# Osmocote  for pond plants



## killi69 (26 Mar 2021)

Hi there,

I am looking into using Osmocote slow release fertiliser tabs for existing pond plants in baskets. These would include submerged aquatic plants like giant Vallis as well as a range of marginal plants.  I know the cheapest way would be to add loose fertiliser like Gro More or Vitax Q4 to the planting mix but because I already have a large number of existing baskets, I am exploring the best tabs to buy, as making DIY tabs will be too time consuming.

The standard Osmocote slow release tabs (NPK 14 9 11) come in pouches of 25 and cost around £4-5 each, so work out at roughly 20p for a 5g tab.

Buying a similar product in bulk, 1000 x 7.5gr Osmocote Exact Tablets 5 -6 Months Slow Release Fertiliser (NPK 14 8 11) cost £110, so roughly 11p for a 7.5g tab.

I could also buy a product called Osmocote Exact High K (NPK 10-8-17), which for some reason is much cheaper, at £40 for 1000 x 7.5g tabs, so roughly 4p for a 7.5g tab.  Would this be OK, or is the NPK not so great? 

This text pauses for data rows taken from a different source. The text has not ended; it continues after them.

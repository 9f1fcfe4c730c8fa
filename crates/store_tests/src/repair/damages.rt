//! What a repair and a scrub make of damage among the survivors of a stripe.
use crate::repair::asserting::assert_holds;
use crate::repair::cases::{Act, Case, REPLACING, WHOLE, is_left_in, outcome_of, store_of};
use crate::repair::ranks::suspects_of;
use crate::repair::samples::{BOTH, Fragments, Sample, bytes_at};
use lrc_code::{Code, Place, PlaceSet};
use std::alloc::Global;
use std::process::Abort;
use store_repair::{Reason, StripeOutcome};

/// A sample's fragment with another first byte.
fn flipped(sample: &Sample, place: Place) -> [u8; 5] {
    match bytes_at(sample.fragments, place) {
        Some([first, second, third, fourth, fifth]) => {
            [*first ^ 0x5a, *second, *third, *fourth, *fifth]
        }
        _ => [0; 5],
    }
}

/// Which fragments are lost in turn: none, some of each kind, and each two of these.
static NARROW_LOSSES: [&[Place]; 29] = [
    &[],
    &[Place::X0],
    &[Place::X1],
    &[Place::Y2],
    &[Place::Px],
    &[Place::Py],
    &[Place::P0],
    &[Place::P1],
    &[Place::X0, Place::X1],
    &[Place::X0, Place::Y2],
    &[Place::X1, Place::Y2],
    &[Place::X0, Place::Px],
    &[Place::X1, Place::Px],
    &[Place::Y2, Place::Px],
    &[Place::X0, Place::Py],
    &[Place::X1, Place::Py],
    &[Place::Y2, Place::Py],
    &[Place::Px, Place::Py],
    &[Place::X0, Place::P0],
    &[Place::X1, Place::P0],
    &[Place::Y2, Place::P0],
    &[Place::Px, Place::P0],
    &[Place::Py, Place::P0],
    &[Place::X0, Place::P1],
    &[Place::X1, Place::P1],
    &[Place::Y2, Place::P1],
    &[Place::Px, Place::P1],
    &[Place::Py, Place::P1],
    &[Place::P0, Place::P1],
];

static WIDE_LOSSES: [&[Place]; 16] = [
    &[],
    &[Place::X1],
    &[Place::Y4],
    &[Place::Px],
    &[Place::Py],
    &[Place::P0],
    &[Place::X1, Place::Y4],
    &[Place::X1, Place::Px],
    &[Place::Y4, Place::Px],
    &[Place::X1, Place::Py],
    &[Place::Y4, Place::Py],
    &[Place::Px, Place::Py],
    &[Place::X1, Place::P0],
    &[Place::Y4, Place::P0],
    &[Place::Px, Place::P0],
    &[Place::Py, Place::P0],
];

/// Those of a code.
fn losses_of(code: Code) -> &'static [&'static [Place]] {
    match code {
        Code::Narrow => &NARROW_LOSSES,
        Code::Wide => &WIDE_LOSSES,
    }
}

/// Whether a repair of a stripe with these losses and changes makes no other fragment than the sample's and others of these.
fn makes_nothing_else(
    rt: &impl Abort,
    alloc: Global,
    sample: &'static Sample,
    lost: &'static [Place],
    changes: Fragments<'_>,
    others: Fragments<'_>,
) -> bool {
    let case = Case {
        sample,
        lost,
        changes,
        repair: REPLACING,
        ..WHOLE
    };
    let mut store = store_of(rt, alloc, &case);
    outcome_of(alloc, &mut store, &case, Act::Repair).expect(rt, "an outcome");
    for (place, bytes) in sample.fragments {
        if let Some(found) = store.fragment(sample.name, *place) {
            if found != *bytes && bytes_at(others, *place) != Some(found) {
                return false;
            }
        }
    }
    true
}

/// Whether two fragments make nothing else, both where they are exchanged, with one more lost at most, and where they are changed.
fn makes_pair_nothing_else(
    rt: &impl Abort,
    alloc: Global,
    sample: &'static Sample,
    one: Place,
    other: Place,
) -> bool {
    let exchanged = [
        (one, bytes_at(sample.fragments, other).unwrap_or(b"")),
        (other, bytes_at(sample.fragments, one).unwrap_or(b"")),
    ];
    for lost in losses_of(sample.code) {
        if lost.len() < 2 && !makes_nothing_else(rt, alloc, sample, lost, &exchanged, &exchanged) {
            return false;
        }
    }
    let first = flipped(sample, one);
    let second = flipped(sample, other);
    let changed = [(one, first.as_slice()), (other, second.as_slice())];
    makes_nothing_else(rt, alloc, sample, &[], &changed, &changed)
}

#[test]
fn two_damaged_fragments_make_nothing_wrong(rt: HostRuntime) {
    for sample in &BOTH {
        let places = sample.code.places();
        for (index, one) in places.iter().enumerate() {
            for other in &places[..index] {
                let is = makes_pair_nothing_else(&rt, rt.alloc(), sample, *one, *other);
                assert_holds(&rt, is, one.name());
            }
        }
    }
}

/// What x0 and the parities become where x0 becomes 01 23 45 67 89, by an independent computation.
static NEW_NARROW: [(Place, &[u8]); 4] = [
    (Place::X0, b"\x01\x23\x45\x67\x89"),
    (Place::Px, b"\x5b\xc9\x70\xc7\xd7"),
    (Place::P0, b"\xad\xbd\x30\x06\x2c"),
    (Place::P1, b"\xfe\x1b\xfa\x4c\xa1"),
];

static NEW_WIDE: [(Place, &[u8]); 4] = [
    (Place::X0, b"\x01\x23\x45\x67\x89"),
    (Place::Px, b"\x65\x87\x48\xdc\x6c"),
    (Place::P0, b"\x67\x9f\x68\xac\x81"),
    (Place::P1, b"\x27\x82\x78\xbb\x4d"),
];

/// The new fragments whose bits are set, and the old ones at the other three places.
fn written_of(
    sample: &'static Sample,
    new: &[(Place, &'static [u8]); 4],
    written: u8,
) -> [(Place, &'static [u8]); 4] {
    let mut bits = written;
    let mut changes = *new;
    for (place, bytes) in &mut changes {
        if bits % 2 == 0 {
            *bytes = bytes_at(sample.fragments, *place).unwrap_or(b"");
        }
        bits /= 2;
    }
    changes
}

/// An update that was torn: some of its four fragments are new, the others old, and one at most is lost. Each fragment is then of one
/// generation or the other.
#[test]
fn torn_update_makes_nothing_of_neither_generation(rt: HostRuntime) {
    for (sample, new) in [(&BOTH[0], &NEW_NARROW), (&BOTH[1], &NEW_WIDE)] {
        for written in 0..16u8 {
            let changes = written_of(sample, new, written);
            for lost in losses_of(sample.code) {
                let is = lost.len() == 2
                    || makes_nothing_else(&rt, rt.alloc(), sample, lost, &changes, new);
                assert_holds(&rt, is, sample.name);
            }
        }
    }
}

/// Whether a scrub says once that there is damage: at a place that is the only suspect, or at one of just these.
fn is_suspected(outcome: &StripeOutcome, damaged: Place, expected: PlaceSet) -> bool {
    let mut is_said = false;
    for finding in &outcome.findings {
        let is_damage = match &finding.reason {
            Reason::Absent => continue,
            Reason::Damaged => finding.place == Some(damaged) && expected.len() == 1,
            Reason::Suspected(suspects) => suspects.places == expected && expected.len() > 1,
            _ => false,
        };
        if is_said || !is_damage {
            return false;
        }
        is_said = true;
    }
    is_said
}

/// Whether a scrub says of a damaged fragment, which is the only change of a stripe of which these are lost, what it must, and, where fewer
/// than two are, a repair makes of it what it must: it is replaced if it is named, and else nothing is written. One that is lost isn't
/// damaged.
fn is_named_or_suspected(
    rt: &impl Abort,
    alloc: Global,
    sample: &'static Sample,
    lost: &'static [Place],
    damaged: Place,
    changes: Fragments<'_>,
) -> bool {
    if lost.contains(&damaged) {
        return true;
    }
    let expected = suspects_of(sample.code, lost, damaged);
    let is_named = expected.len() == 1;
    let case = Case {
        sample,
        lost,
        changes,
        repair: REPLACING,
        left: if is_named { &[] } else { sample.code.places() },
        ..WHOLE
    };
    let mut store = store_of(rt, alloc, &case);
    let scrubbed = outcome_of(alloc, &mut store, &case, Act::Scrub).expect(rt, "an outcome");
    if lost.len() == 2 || !is_suspected(&scrubbed, damaged, expected) {
        return is_suspected(&scrubbed, damaged, expected);
    }
    let outcome = outcome_of(alloc, &mut store, &case, Act::Repair).expect(rt, "an outcome");
    let is_told = if is_named {
        outcome.is_checked
    } else {
        outcome.rebuilt.is_empty()
    };
    is_told && is_left_in(&store, &case)
}

/// A damaged fragment is named where nothing is lost, since any two stripes differ in four places; else the suspects are those that the
/// ranks of the equations' columns say.
#[test]
fn one_damaged_fragment_is_named_or_suspected(rt: HostRuntime) {
    for sample in &BOTH {
        for damaged in sample.code.places() {
            let bytes = flipped(sample, *damaged);
            let changes = [(*damaged, bytes.as_slice())];
            for lost in losses_of(sample.code) {
                let is = is_named_or_suspected(&rt, rt.alloc(), sample, lost, *damaged, &changes);
                assert_holds(&rt, is, damaged.name());
            }
        }
    }
}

Many thanks in advance for your thoughts,
Andre


​


----------



## killi69 (26 Mar 2021)

And a second question, for a  pond basket measuring 24x24x14cm (around 8L), how many tabs should I insert?


----------



## ceg4048 (27 Mar 2021)

Hi,
     Osmocote will be fine if used under the substrate or deep in the basket if the plants are potted. It uses ammonium nitrate so if there are fish in the pond you should be careful with it's use.

Cheers,


----------



## killi69 (27 Mar 2021)

Thanks Ceg. What about the difference between the 2 Osmocote products? Do you think I can go for the cheaper one and not worry about the NPK balance?



killi69 said:


> 1000 x 7.5gr Osmocote Exact Tablets 5 -6 Months Slow Release Fertiliser (NPK 14 8 11) cost £110, so roughly 11p for a 7.5g tab.
> 
> I could also buy a product called Osmocote Exact High K (NPK 10-8-17), which for some reason is much cheaper, at £40 for 1000 x 7.5g tabs, so roughly 4p for a 7.5g tab. Would this be OK, or is the NPK not so great?


----------



## zozo (27 Mar 2021)

Aquatic Plant Fertiliser (Osmocote) - accessories
					

May be used per 14L planting container, and should be inserted one finger-length into the soil around the rhizomes. The tablet form ensures that the nutrients stay in the mud and do not diffuse into the water, where they can encourage algae proliferation.




					latour-marliac.com
				






> Three tablets may be used per 14L planting container, and they should be inserted one finger-length into the soil around the rhizomes.
> Formula NPK favors flowering: 10-11-18+2MgO+TE.
> The tablet form ensures that the nutrients stay in the mud and do not diffuse into the water, where they can encourage algae proliferation.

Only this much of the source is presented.